[Collected data entries]
——

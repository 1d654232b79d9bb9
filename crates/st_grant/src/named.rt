//! Names as keys of sorted lists.
ghost use Rattle.std.proofs.Common.{ap, sym};
ghost use Rattle.st_text.specs.Texts.{same};
ghost use Rattle.st_text.proofs.Same.{same-eq};
ghost use Rattle.st_sorted.specs.Sorted.{name_key};

use crate::name::Name;
use st_sorted::Wanted;
use st_text::CompactText;
use std::alloc::Allocator;
use std::marker::Model;

/// A name that is searched for.
#[derive(Drop)]
pub struct Named<'n>(pub &'n str);

impl<'n> Model for Named<'n> {
    ghost use Rattle.std.specs.Prelude.{ℕ, List};

    ghost Value = { List ℕ };

    ghost view = { λ n. n.0.now };
}

impl<'n> Wanted<Name> for Named<'n> {
    ghost item_key = { name_key };

    ghost key = { name_key };

    ghost test = { same };

    ghost exact = { λ name item e. ap name_key (sym (same-eq name item e)) };

    fn is_after(&self, item: &Name) -> bool {
        item.as_str() < self.0
    }

    fn is_key_of(&self, item: &Name) -> bool {
        self.0 == item.as_str()
    }
}

impl<'n, A: Allocator> Wanted<CompactText<A>> for Named<'n> {
    ghost item_key = { name_key };

    ghost key = { name_key };

    ghost test = { same };

    ghost exact = { λ name item e. ap name_key (sym (same-eq name item e)) };

    fn is_after(&self, item: &CompactText<A>) -> bool {
        item.as_str() < self.0
    }

    fn is_key_of(&self, item: &CompactText<A>) -> bool {
        self.0 == item.as_str()
    }
}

——

• [INSTRUCTIONS TO FOLLOW]
Note how many lines in the data above contain "specs", then state that number alone.

• [EXERCISE RESPONSE]
3